It’s been over a week now since the United States government has shutdown.
For those unaware of what’s going on in the United States, the government has shutdown a bunch of services that Americans rely on because they couldn’t agree to vote to fund all of these programs. The debate over the funding actually has nothing to do with funding these government programs, but instead a bill that was tacked on to the funding about The Affordable Care act, more commonly known as ObamaCare. ObamaCare is something that the Republicans and Democrats have been at ends with each other about for years, but this is the worst the fight has gotten.
Anyways, this post is not about our opinion of what’s going on, but rather to show the world the reaction to the government shutdown through social media. Using MAP, our social media monitoring and analytics software, we took a look at mentions of the shutdown since it began on October 1st.
In the week since the United States government shutdown, we found the shutdown mentioned over 5.4 million times in the social world. Shutdown was mentioned in 110,934 blog posts, 241,450 online news articles, 132,370 forum postings and 4,933,160 tweets.

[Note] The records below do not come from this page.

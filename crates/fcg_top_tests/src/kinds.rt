//! The sites that a listing prints, of each kind, with names that are escaped.

use crate::class_files::{Member, push_method, push_site, view_of, written};
use crate::runs::{begin_bundle, push_entry, run_over};
use fcg_top::Status;
use fcg_views::{HandleKind, Method, NoMemory, Site, SiteKind, View};
use std::alloc::Global;
use std::test::Fail;

// A site that each instruction of its own makes: its place, its kind and what it names.
const INSTRUCTIONS: &[(u16, SiteKind, Member<'static>)] = &[
    (0, SiteKind::New, ("p/B.C", false, "", "")),
    (
        10,
        SiteKind::Virtual,
        ("[I", false, "clone", "()Ljava/lang/Object;"),
    ),
    (
        200,
        SiteKind::Interface,
        ("java/util/List", true, "add", "(ILjava/lang/Object;)V"),
    ),
    (3000, SiteKind::Static, ("p/A$B", false, "go-on", "([[J)V")),
    (65531, SiteKind::StaticField, ("p/B_C", false, "a b", "I")),
];

const CONSTRUCTOR: &[(u16, SiteKind, Member<'static>)] = &[(
    1,
    SiteKind::Special,
    ("java/lang/Object", false, "<init>", "()V"),
)];

// A site of each kind of method handle at one instruction.
const HANDLES: &[(u16, SiteKind, Member<'static>)] = &[
    (7, SiteKind::Handle(HandleKind::K5), HANDLED),
    (7, SiteKind::Handle(HandleKind::K6), HANDLED),
    (7, SiteKind::Handle(HandleKind::K7), HANDLED),
    (7, SiteKind::Handle(HandleKind::K8), HANDLED),
    (
        7,
        SiteKind::Handle(HandleKind::K9),
        ("q/%", true, "x/y", "(Z)V"),
    ),
];

const HANDLED: Member<'static> = ("q/%", false, "x/y", "(Z)V");

fn sites_of(
    alloc: Global,
    rows: &[(u16, SiteKind, Member<'static>)],
) -> Result<Vec<Site>, NoMemory> {
    let mut sites = Vec::new(alloc);
    for (pc, kind, member) in rows {
        push_site(&mut sites, alloc, *pc, *kind, *member)?;
    }
    Ok(sites)
}

// A constructor, a method that has no site, and one that has each site an instruction of its own makes.
fn instructions(alloc: Global) -> Result<Vec<Method>, NoMemory> {
    let mut methods = Vec::new(alloc);
    let first = sites_of(alloc, CONSTRUCTOR)?;
    push_method(&mut methods, alloc, "<init>", "()V", 0, first)?;
    push_method(&mut methods, alloc, "none", "()I", 0, Vec::new(alloc))?;
    let second = sites_of(alloc, INSTRUCTIONS)?;
    push_method(&mut methods, alloc, "go.on", "(Lp/\u{e9};)[I", 0, second)?;
    Ok(methods)
}

fn handles(alloc: Global) -> Result<Vec<Method>, NoMemory> {
    let mut methods = Vec::new(alloc);
    let sites = sites_of(alloc, HANDLES)?;
    push_method(&mut methods, alloc, "m", "()V", 0, sites)?;
    Ok(methods)
}

// An entry more, of a view's class file.
fn push_view(bundle: &mut Vec<u8>, alloc: Global, path: &[u8], view: &View) -> Result<(), Fail> {
    match written(alloc, view) {
        Some(Ok(bytes)) => push_entry(bundle, path, bytes.as_slice()),
        _ => Err(Fail::new("the view isn't written")),
    }
}

// A bundle of three types: one with the handles, one with no method, and one with the instructions.
fn bundle_of(alloc: Global) -> Result<Vec<u8>, Fail> {
    let mut bundle = begin_bundle(alloc, 3)?;
    let view = view_of(alloc, "q/\u{1}", 0x21, handles(alloc)?)?;
    push_view(&mut bundle, alloc, b"a.class", &view)?;
    let view = view_of(alloc, "p/Empty", 0x21, Vec::new(alloc))?;
    push_view(&mut bundle, alloc, b"b.class", &view)?;
    let view = view_of(alloc, "p/A$B", 0x21, instructions(alloc)?)?;
    push_view(&mut bundle, alloc, b"c.class", &view)?;
    Ok(bundle)
}

const EXPECTED: &str = concat!(
    "site q/%01.m()V 7 handle5 q/%25.x%2Fy(Z)V\n",
    "site q/%01.m()V 7 handle6 q/%25.x%2Fy(Z)V\n",
    "site q/%01.m()V 7 handle7 q/%25.x%2Fy(Z)V\n",
    "site q/%01.m()V 7 handle8 q/%25.x%2Fy(Z)V\n",
    "site q/%01.m()V 7 handle9 q/%25.x%2Fy(Z)V\n",
    "site p/A$B.%3Cinit%3E()V 1 special java/lang/Object.%3Cinit%3E()V\n",
    "site p/A$B.go%2Eon(Lp/%C3%A9;)[I 0 new p/B%2EC\n",
    "site p/A$B.go%2Eon(Lp/%C3%A9;)[I 10 virtual %5BI.clone()Ljava/lang/Object;\n",
    "site p/A$B.go%2Eon(Lp/%C3%A9;)[I 200 interface java/util/List.add(ILjava/lang/Object;)V\n",
    "site p/A$B.go%2Eon(Lp/%C3%A9;)[I 3000 static p/A$B.go-on([[J)V\n",
    "site p/A$B.go%2Eon(Lp/%C3%A9;)[I 65531 staticfield p/B_C.a%20bI\n",
    "sites 11\n",
);

#[test]
fn prints_each_kind_of_site(rt: HostRuntime) -> Result<(), Fail> {
    let bundle = bundle_of(rt.alloc())?;
    let outcome = run_over(rt.alloc(), "sites", &bundle, &[])?;
    assert!(rt; outcome.is(Status::Ok, EXPECTED.as_bytes(), b""));
    Ok(())
}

When we took those mentions and trended them out over time we found something interesting. It seems that the first day of the shutdown, it was all anyone could talk about. But then as time went on, people were talking less and less and about it. The talk hit a low over the weekend, but rose a bit again yesterday as the work week began and it looked as if the shutdown was about to head into it’s second week.
This problem is one that mainly affects people within the United States, but because they’re such a powerful force around the world, the shutdown is being talked about in all corners of the globe. A look at the breakdown of countries talking show that 75.5% of the social chatter about the shutdown has come from within the United States. The country that seems to be the next most interested in the shutdown are their neighbours to the north, Canada, with 3.3% of the shutdown conversation, followed by the UK (2.9%) and Australia (2.3%). Beyond these countries, our geo location heat map shows that tweets about the shutdown are being made around the world.
A look at our buzzgraph and word clouds show that people seem to have a general interest in what is actually going on. In both of these text analytics tools we can see words that help to explain the story of what’s happening like “senators” and “congress” “delays” “funding” over “ObamaCare”. We can also pick out some of the key players being talked about like the “republicans”, “Obama” and “Boehner”, the Speaker in the House of Representatives.
When we looked at the most retweeted tweets about the shutdown we found that three of the top six came from President Obama himself who is trying to end the shutdown and get congress going again and funding to those government programs that are currently not operating and not funded. Of course, there is also a few jokes snuck in among the top retweets too.
Lastly, we pulled up the sentiment surrounding talk about the shutdown. Here we found that only 16% of the conversation had positive sentiment around it. However, there was a lot more negative talk about the shutdown, which accounted for 31% of the conversation.